The required answer is each line in the entries below where "neutral" occurs.

*Material provided:*
"""

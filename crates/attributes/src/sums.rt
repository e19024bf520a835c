ghost use Rattle.std.specs.Prelude.{◌≡◌, IfOk};
ghost use Rattle.tree_laws.specs.Tree.{graph_tree};
ghost use Rattle.std.specs.Thread.{IsSync};
ghost use Rattle.attributes.specs.declared.gather.Operation.TheVariants as operations;
ghost use Rattle.attributes.specs.Gathering.{AreOfLeaves, CanGather};
ghost use Rattle.attributes.specs.Sums.{AreSums};

use crate::floors::floors;
use crate::gather::{Operation, gathered};
use crate::leaves::{areas, products};
use hg_base::Graph;
use partition_tree::Tree;
use std::alloc::{AllocError, Global};
use std::thread::{Threads, join};

/// For each node the sums of its vertices' areas and of their areas times their floors, and the lowest of their floors.
#[derive(Drop)]
pub(crate) struct NodeSums {
    pub(crate) areas: Vec<u64>,
    pub(crate) products: Vec<u64>,
    pub(crate) lowest: Vec<u64>,
}

impl NodeSums {
    // The sums of the nodes of the graph's own tree.
    pub(crate) fn of(alloc: Global, graph: &Graph, tree: &Tree) -> Result<NodeSums, AllocError>
        requires { tree.now ≡ graph_tree graph.now }
        ensures { IfOk result (λ sums. AreSums graph.now tree.now sums.areas.items sums.products.items sums.lowest.items) }
    {
        graph.keeps_its_rules();
        let floors = floors(alloc, graph)?;
        let areas = areas(alloc, graph)?;
        let products = products(alloc, &areas, &floors)?;
        Ok(NodeSums {
            areas: gathered(alloc, tree, Operation::Sum, &areas)?,
            products: gathered(alloc, tree, Operation::Sum, &products)?,
            lowest: gathered(alloc, tree, Operation::Least, &floors)?,
        })
    }
    // The same sums, each found beside the others.
    pub(crate) fn of_in_threads(
        rt: &(impl Threads + Sync),
        alloc: Global,
        graph: &Graph,
        tree: &Tree,
    ) -> Result<NodeSums, AllocError>
        requires { tree.now ≡ graph_tree graph.now }
        ensures { IfOk result (λ sums. AreSums graph.now tree.now sums.areas.items sums.products.items sums.lowest.items) }
    {
        graph.keeps_its_rules();
        let floors = floors(alloc, graph)?;
        let areas = areas(alloc, graph)?;
        let products = products(alloc, &areas, &floors)?;
        side_by_side(rt, alloc, tree, &areas, &products, &floors)
    }
}

// For each node the values of the leaves below it put together, those of each kind beside the others.
fn side_by_side<R: Threads + Sync>(
    rt: &R,
    alloc: Global,
    tree: &Tree,
    areas: &[u64],
    products: &[u64],
    floors: &[u64],
) -> Result<NodeSums, AllocError>
    requires leaves { CanGather operations.Sum tree.now areas.now × CanGather operations.Sum tree.now products.now × CanGather operations.Least tree.now floors.now }
    ensures { IfOk result (λ sums. AreOfLeaves operations.Sum tree.now areas.now sums.areas.items × AreOfLeaves operations.Sum tree.now products.now sums.products.items × AreOfLeaves operations.Least tree.now floors.now sums.lowest.items) }
{
    let lowest = || -> Result<Vec<u64>, AllocError>
        requires { CanGather operations.Least tree.now floors.now }
        ensures { IfOk result (λ lowest. AreOfLeaves operations.Least tree.entry.now floors.entry.now lowest.items) }
    { gathered(alloc, tree, Operation::Least, floors) };
    let sums = || -> (Result<Vec<u64>, AllocError>, Result<Vec<u64>, AllocError>)
        requires { IsSync R.row × CanGather operations.Sum tree.now areas.now × CanGather operations.Sum tree.now products.now }
        ensures { IfOk result.0 (λ sums. AreOfLeaves operations.Sum tree.entry.now areas.entry.now sums.items) × IfOk result.1 (λ sums. AreOfLeaves operations.Sum tree.entry.now products.entry.now sums.items) }
    { areas_beside_products(rt, alloc, tree, areas, products) };
    let (lowest, (areas, products)) = join(rt, lowest, sums);
    Ok(NodeSums {
        areas: areas?,
        products: products?,
        lowest: lowest?,
    })
}

// For each node the sum of the areas of the leaves below it, and beside it the sum of their products.
fn areas_beside_products(
    rt: &(impl Threads + Sync),
    alloc: Global,
    tree: &Tree,
    areas: &[u64],
    products: &[u64],
) -> (Result<Vec<u64>, AllocError>, Result<Vec<u64>, AllocError>)
    requires areas { CanGather operations.Sum tree.now areas.now }
    requires products { CanGather operations.Sum tree.now products.now }
    ensures areas { IfOk result.0 (λ sums. AreOfLeaves operations.Sum tree.now areas.now sums.items) }
    ensures products { IfOk result.1 (λ sums. AreOfLeaves operations.Sum tree.now products.now sums.items) }
{
    let areas = || -> Result<Vec<u64>, AllocError>
        requires { CanGather operations.Sum tree.now areas.now }
        ensures { IfOk result (λ sums. AreOfLeaves operations.Sum tree.entry.now areas.entry.now sums.items) }
    { gathered(alloc, tree, Operation::Sum, areas) };
    let products = || -> Result<Vec<u64>, AllocError>
        requires { CanGather operations.Sum tree.now products.now }
        ensures { IfOk result (λ sums. AreOfLeaves operations.Sum tree.entry.now products.entry.now sums.items) }
    { gathered(alloc, tree, Operation::Sum, products) };
    join(rt, areas, products)
}
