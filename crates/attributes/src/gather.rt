ghost use Rattle.std.specs.Prelude.{◌≡◌, ℕ, ◌<◌, ◌≤◌, ◌^◌, length, slice_index, IfOk};
ghost use Rattle.std.specs.List.{range_with_len};
ghost use Rattle.partition_tree.specs.TreeLists.{nodes};
ghost use Rattle.attributes.specs.Gathering.{combined, neutral, gathered, AreGathered, AreOfLeaves};

use partition_tree::Tree;
use std::alloc::{AllocError, Global};

/// How two values are put together.
#[derive(Clone, Copy)]
pub(crate) enum Operation {
    Sum,
    Least,
}

impl Operation {
    // Both values put together.
    fn combined(self, a: u64, b: u64) -> u64
        requires { combined self a b < 2 ^ 64 }
        ensures { result ≡ combined self a b }
    {
        match self {
            Operation::Sum => a + b,
            Operation::Least => a.min(b),
        }
    }

    // The value that changes no other.
    fn neutral(self) -> u64
        ensures { result ≡ neutral self }
    {
        match self {
            Operation::Sum => 0,
            Operation::Least => u64::MAX,
        }
    }
}

/// For each node the values of the leaves below it, put together.
pub(crate) fn gathered(
    alloc: Global,
    tree: &Tree,
    operation: Operation,
    leaves: &[u64],
) -> Result<Vec<u64>, AllocError>
    requires one_each { length leaves.now ≡ tree.now.leaves }
    requires fits { gathered operation (λ x. slice_index leaves.now x) (range_with_len 0 tree.now.leaves) < 2 ^ 64 }
    ensures { IfOk result (λ sums. AreOfLeaves operation tree.now leaves.now sums.items) }
{
    let nodes = tree.nodes() as usize;
    let mut values = Vec::with_capacity(alloc, nodes)?;
    values.extend_from_slice(leaves)?;
    values.resize(nodes, operation.neutral())?;
    gather_up(tree, operation, &mut values);
    Ok(values)
}

// Puts each node's value together with those of the nodes below it, from the leaves up.
fn gather_up(tree: &Tree, operation: Operation, values: &mut [u64])
    requires one_each { length values.old ≡ nodes tree.now }
    requires fits { gathered operation (λ j. slice_index values.old j) (range_with_len 0 (nodes tree.now)) < 2 ^ 64 }
    ensures { AreGathered operation tree.now values.old values.new }
{
    for i in 0..tree.nodes() {
        let parent = tree.parent(i);
        if parent != i {
            let both = operation.combined(values[parent as usize], values[i as usize]);
            values[parent as usize] = both;
        }
    }
}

"""

*Solution below:*
ghost use Rattle.attributes.specs.Gathering.{combined, neutral, gathered, AreGathered, AreOfLeaves};
    fn neutral(self) -> u64
        ensures { result ≡ neutral self }
    values.resize(nodes, operation.neutral())?;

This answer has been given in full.